Caboolture Daytime Branch of SGAP

   Prickly Pear
   Plants of Prickly Pear can still be seen along roadsides but they are no longer a serious environmental threat

It is hard to imagine today, but by the 1920s there were 24,250,000 hectares of Australia covered with Prickly Pear (Optunia inermis). The cactus had been introduced into Australia in 1839 and by 1862 it had reached the Chinchilla area in central Queensland. By the turn of the century it was increasing at a rate of 400,000 hectares a year. Farmers tried to fight it by cutting and burning but their labours met with little success. In 1925 the Commonwealth Prickly Pear Board, realising the scale of the problem, introduced the Cactoblastis moth and larva from South America (Cactoblastis cactorum).

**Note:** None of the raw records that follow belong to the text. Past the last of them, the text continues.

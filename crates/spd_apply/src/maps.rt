//! The maps of leaves that take a Pair or an Act apart.

ghost use Rattle.std.specs.Prelude.{◌≡◌};
ghost use Rattle.spd_apply.specs.Operations.{is_pair, first_of_pair, second_of_pair, is_pair_with_act, second_as_act, is_act, act_number};

use crate::leaf_op::LeafMap;
use spd_nodes::Leaf;

/// The first number of a Pair, as a Num.
#[derive(Clone, Copy, Debug)]
pub struct First;

impl LeafMap for First {
    ghost fits = { λ _ a. is_pair a };

    ghost of = { λ _ a. first_of_pair a };

    fn fits(&self, a: Leaf) -> bool {
        match a {
            Leaf::Pair(_, _) => true,
            _ => false,
        }
    }

    fn of(&self, a: Leaf) -> Leaf {
        match a {
            Leaf::Pair(x, _) => Leaf::Num(x),
            _ => a,
        }
    }
}

/// The second number of a Pair, as a Num.
#[derive(Clone, Copy, Debug)]
pub struct Second;

impl LeafMap for Second {
    ghost fits = { λ _ a. is_pair a };

    ghost of = { λ _ a. second_of_pair a };

    fn fits(&self, a: Leaf) -> bool {
        match a {
            Leaf::Pair(_, _) => true,
            _ => false,
        }
    }

    fn of(&self, a: Leaf) -> Leaf {
        match a {
            Leaf::Pair(_, y) => Leaf::Num(y),
            _ => a,
        }
    }
}

/// The second number of a Pair, as an Act. It fits where it is a `u32`.
#[derive(Clone, Copy, Debug)]
pub struct SecondAct;

impl LeafMap for SecondAct {
    ghost fits = { λ _ a. is_pair_with_act a };

    ghost of = { λ _ a. second_as_act a };

    fn fits(&self, a: Leaf) -> bool {
        match a {
            Leaf::Pair(_, y) => 0 <= y && y <= u32::MAX as i128,
            _ => false,
        }
    }

    fn of(&self, a: Leaf) -> Leaf {
        match a {
            Leaf::Pair(_, y) => Leaf::Act(y as u32),
            _ => a,
        }
    }
}

/// The number of an Act, as a Num.
#[derive(Clone, Copy, Debug)]
pub struct ActNum;

impl LeafMap for ActNum {
    ghost fits = { λ _ a. is_act a };

    ghost of = { λ _ a. act_number a };

    fn fits(&self, a: Leaf) -> bool {
        match a {
            Leaf::Act(_) => true,
            _ => false,
        }
    }

    fn of(&self, a: Leaf) -> Leaf {
        match a {
            Leaf::Act(x) => Leaf::Num(x as i128),
            _ => a,
        }
    }
}
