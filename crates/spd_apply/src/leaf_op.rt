//! Operations on leaves, and maps of a leaf.

ghost use Rattle.std.specs.Prelude.{◌≡◌, Bool, true};
ghost use Rattle.spd_nodes.specs.declared.leaf.Leaf.{Leaf};

use spd_nodes::Leaf;

/// An operation on two leaves.
pub trait LeafOp {
    /// Whether it is defined on two leaves.
    ghost fits: { Self → Leaf → Leaf → Bool };

    /// What it answers.
    ghost of: { Self → Leaf → Leaf → Leaf };

    /// Whether it is defined on two leaves.
    fn fits(&self, a: Leaf, b: Leaf) -> bool
        ensures { result ≡ fits self.now a b };

    /// The answer for two leaves on which it is defined.
    fn of(&self, a: Leaf, b: Leaf) -> Leaf
        requires { fits self.now a b ≡ true }
        ensures { result ≡ of self.now a b };
}

/// A map of leaves.
pub trait LeafMap {
    /// Whether it is defined on a leaf.
    ghost fits: { Self → Leaf → Bool };

    /// What it answers.
    ghost of: { Self → Leaf → Leaf };

    /// Whether it is defined on a leaf.
    fn fits(&self, a: Leaf) -> bool
        ensures { result ≡ fits self.now a };

    /// The answer for a leaf on which it is defined.
    fn of(&self, a: Leaf) -> Leaf
        requires { fits self.now a ≡ true }
        ensures { result ≡ of self.now a };
}
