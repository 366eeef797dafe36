//! Tests of whether an operation or a map is defined on the leaves of diagrams.

ghost use Rattle.std.specs.Prelude.{◌≡◌, ◌↔◌, IfOk, IsTrue, true, All};
ghost use Rattle.spd_nodes.specs.Shown.{Shown, IsWhole, meaning};
ghost use Rattle.spd_apply.specs.Leaves.{EachFit};
ghost use Rattle.spd_apply.specs.Outcome.{FitEverywhere, FitsEverywhere};

use crate::leaf_op::{LeafMap, LeafOp};
use crate::leaves::leaves_of;
use spd_nodes::{Forest, Leaf, Ref};
use std::alloc::{AllocError, Global};

/// Whether an operation is defined on a leaf and each of some others.
fn fits_each<O: LeafOp>(op: &O, a: Leaf, right: &[Leaf]) -> bool
    ensures { IsTrue result ↔ All (λ b. O.fits op.now a b ≡ true) right.now }
{
    for b in right {
        if !op.fits(a, *b) {
            return false;
        }
    }
    true
}

/// Whether an operation is defined on each two leaves.
fn fits_all<O: LeafOp>(op: &O, left: &[Leaf], right: &[Leaf]) -> bool
    ensures { IsTrue result ↔ All (λ a. All (λ b. O.fits op.now a b ≡ true) right.now) left.now }
{
    for a in left {
        if !fits_each(op, *a, right) {
            return false;
        }
    }
    true
}

/// Whether a map is defined on each of some leaves.
fn maps_all<M: LeafMap>(map: &M, leaves: &[Leaf]) -> bool
    ensures { IsTrue result ↔ All (λ a. M.fits map.now a ≡ true) leaves.now }
{
    for a in leaves {
        if !map.fits(*a) {
            return false;
        }
    }
    true
}

/// Whether an operation is defined on each leaf of one diagram with each leaf of another one. Where it is, it is defined
/// wherever their leaves meet. It fails only for want of memory.
pub fn fits_leaves<F: Forest, O: LeafOp>(
    alloc: Global,
    forest: &mut F,
    op: &O,
    f: Ref,
    g: Ref,
) -> Result<bool, AllocError>
    requires left { (F.shows forest.old).knows f ≡ true }
    requires right { (F.shows forest.old).knows g ≡ true }
    requires left_whole { IsWhole (F.shows forest.old) f }
    requires right_whole { IsWhole (F.shows forest.old) g }
    ensures same { F.shows forest.new ≡ F.shows forest.old }
    ensures keeps { F.kept forest.new ≡ F.kept forest.old }
    ensures each { IfOk result (λ b. IsTrue b ↔ EachFit (O.fits op.now) (F.shows forest.old).sizes (meaning (F.shows forest.old) f) (meaning (F.shows forest.old) g)) }
    ensures everywhere { IfOk result (λ b. IsTrue b → FitEverywhere (O.fits op.now) (F.shows forest.old) f g) }
{
    let left = leaves_of(alloc, forest, f)?;
    let right = leaves_of(alloc, forest, g)?;
    Ok(fits_all(op, &left, &right))
}

/// Whether a map is defined on each leaf of a diagram. It fails only for want of memory.
pub fn maps_leaves<F: Forest, M: LeafMap>(
    alloc: Global,
    forest: &mut F,
    map: &M,
    f: Ref,
) -> Result<bool, AllocError>
    requires known { (F.shows forest.old).knows f ≡ true }
    requires whole { IsWhole (F.shows forest.old) f }
    ensures same { F.shows forest.new ≡ F.shows forest.old }
    ensures keeps { F.kept forest.new ≡ F.kept forest.old }
    ensures everywhere { IfOk result (λ b. IsTrue b ↔ FitsEverywhere (M.fits map.now) (F.shows forest.old) f) }
{
    let leaves = leaves_of(alloc, forest, f)?;
    Ok(maps_all(map, &leaves))
}
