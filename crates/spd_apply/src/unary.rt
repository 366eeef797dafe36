//! A map of leaves, carried out on a diagram.

ghost use Rattle.std.specs.Prelude.{◌≡◌, ℕ, true};
ghost use Rattle.spd_nodes.specs.Shown.{Shown, IsWhole, MakesDiagram, meaning};
ghost use Rattle.spd_apply.specs.Applied.{mapped, EachFits};
ghost use Rattle.spd_apply.specs.Outcome.{FitsEverywhere, map_each};

use crate::leaf_op::LeafMap;
use crate::make::make_alone;
use crate::rule::{Below, Node, OpFault, Plan, Rule};
use spd_nodes::{Forest, Ref, Steps, View};
use std::alloc::Global;
use std::sync::ledger::Ledger;

/// A map of leaves, at each leaf of a diagram.
#[derive(Clone, Copy)]
pub struct EachLeaf<'a, M> {
    pub map: &'a M,
}

impl<'a, M: LeafMap> Rule for EachLeaf<'a, M> {
    ghost making = { λ r t u. mapped (M.of r.map.now) t };

    ghost may = { λ r sizes t u. EachFits (M.fits r.map.now) t × (t ≡ u) };

    fn plan<F: Forest>(&self, _forest: &F, f: Node, _g: Node) -> Plan {
        match f.root {
            View::Leaf(a) => Plan::Leaf(self.map.of(a)),
            View::Test { level, yes, no } => Plan::Test {
                level,
                yes: Below::Pair(yes, yes),
                no: Below::Pair(no, no),
            },
        }
    }
}

/// The diagram of a map's answers at each state, for a diagram whose leaves fit at all states. It makes only nodes of its
/// answer. Full comes only where a call of the forest answered Full in this call. Calls nest at most three deep a level, and
/// there are at most 512 levels.
pub fn map_leaves<F: Forest, M: LeafMap, L: Ledger>(
    alloc: Global,
    forest: &mut F,
    map: &M,
    f: Ref,
    steps: &mut Steps<L>,
) -> Result<Ref, OpFault>
    requires known { (F.shows forest.old).knows f ≡ true }
    requires whole { IsWhole (F.shows forest.old) f }
    requires fits { FitsEverywhere (M.fits map.now) (F.shows forest.old) f }

    ensures made { MakesDiagram (F.shows forest.old) (F.shows forest.new) (map_each (M.of map.now) (meaning (F.shows forest.old) f)) result }
    ensures keeps { F.kept forest.new ≡ F.kept forest.old }
{
    let _ = forest.layout();
    make_alone(alloc, forest, &EachLeaf { map }, f, f, steps)
}
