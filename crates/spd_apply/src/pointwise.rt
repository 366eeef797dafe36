//! The rule of an operation on leaves.

ghost use Rattle.std.specs.Prelude.{◌≡◌, ℕ};
ghost use Rattle.spd_apply.specs.Applied.{applied, MayApply};

use crate::leaf_op::LeafOp;
use crate::rule::{Node, Plan, Rule};
use crate::split::{lower_level, test_of_halves};
use spd_nodes::{Forest, Leaf, View};

/// An operation on leaves, at each leaf of two diagrams.
#[derive(Clone, Copy)]
pub struct Pointwise<'a, O> {
    pub op: &'a O,
}

impl<'a, O: LeafOp> Rule for Pointwise<'a, O> {
    ghost making = { λ r t u. applied (O.of r.op.now) t u };

    ghost may = { λ r sizes t u. MayApply (O.fits r.op.now) sizes t u };

    fn plan<F: Forest>(&self, _forest: &F, f: Node, g: Node) -> Plan {
        match lower_level(f.root, g.root) {
            Some(level) => test_of_halves(level, f, g),
            None => match (f.root, g.root) {
                (View::Leaf(a), View::Leaf(b)) => Plan::Leaf(self.op.of(a, b)),
                _ => unreachable!(),
            },
        }
    }
}
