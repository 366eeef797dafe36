//! Where two diagrams go on at the lower of their levels.

ghost use Rattle.std.specs.Prelude.{◌≡◌};
ghost use Rattle.spd_apply.specs.Views.{lower_of_views, next_yes, next_no};
ghost use Rattle.spd_apply.specs.declared.rule.Plan.{Plan};
ghost use Rattle.spd_apply.specs.declared.rule.Below.{Below};

use crate::rule::{Below, Node, Plan};
use spd_nodes::{Level, Ref, View};

/// The lower of the levels that two roots test, if any.
pub fn lower_level(a: View, b: View) -> Option<Level>
    ensures { result ≡ lower_of_views a b }
{
    match (a, b) {
        (View::Leaf(_), View::Leaf(_)) => None,
        (View::Leaf(_), View::Test { level, .. }) => Some(level),
        (View::Test { level, .. }, View::Leaf(_)) => Some(level),
        (View::Test { level: left, .. }, View::Test { level: right, .. }) => {
            if right.0 < left.0 {
                Some(right)
            } else {
                Some(left)
            }
        }
    }
}

/// The children of a diagram whose root tests a level, or itself twice.
pub fn halves(f: Node, at: Level) -> (Ref, Ref)
    ensures yes { result.0 ≡ next_yes f.root f.name at }
    ensures no { result.1 ≡ next_no f.root f.name at }
{
    match f.root {
        View::Leaf(_) => (f.name, f.name),
        View::Test { level, yes, no } => {
            if level.0 == at.0 {
                (yes, no)
            } else {
                (f.name, f.name)
            }
        }
    }
}

/// A test of a level above what is made of the halves of two diagrams there.
pub fn test_of_halves(level: Level, f: Node, g: Node) -> Plan
    ensures { result ≡ Plan.Test level (Below.Pair (next_yes f.root f.name level) (next_yes g.root g.name level)) (Below.Pair (next_no f.root f.name level) (next_no g.root g.name level)) }
{
    let (f_yes, f_no) = halves(f, level);
    let (g_yes, g_no) = halves(g, level);
    Plan::Test {
        level,
        yes: Below::Pair(f_yes, g_yes),
        no: Below::Pair(f_no, g_no),
    }
}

Initially 3,000 eggs arrived from Argentina and, from a population of 527 females, a total of 100,605 eggs were hatched. Half these eggs were sent to the Chinchilla Prickly Pear Experimental Station and half were kept in Brisbane.

The moth was spectacularly productive. The second generation yielded 2,539,506 eggs. At the height of the operation Chinchilla was sending out as many as 14 million cactoblastis eggs a day.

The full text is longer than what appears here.